> EXERCISE OBJECTIVE: Copy each line below holding "page".

> MATERIAL TO PROCESS:

/// What stands at a point of a page. The records of a leaf are looked up by `PageView::find`.
#[derive(Clone, Copy, Debug, PartialEq, Eq)]
pub enum LeafView {
    /// Records.
    Records,
    /// The page one level down that has the leaf's box in its own.
    Child(u32),
    /// The page of the same level to which the leaf's box was given.
    Sibling(u32),
}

> ANSWER TO THIS EXERCISE:
/// What stands at a point of a page. The records of a leaf are looked up by `PageView::find`.
    /// The page one level down that has the leaf's box in its own.
    /// The page of the same level to which the leaf's box was given.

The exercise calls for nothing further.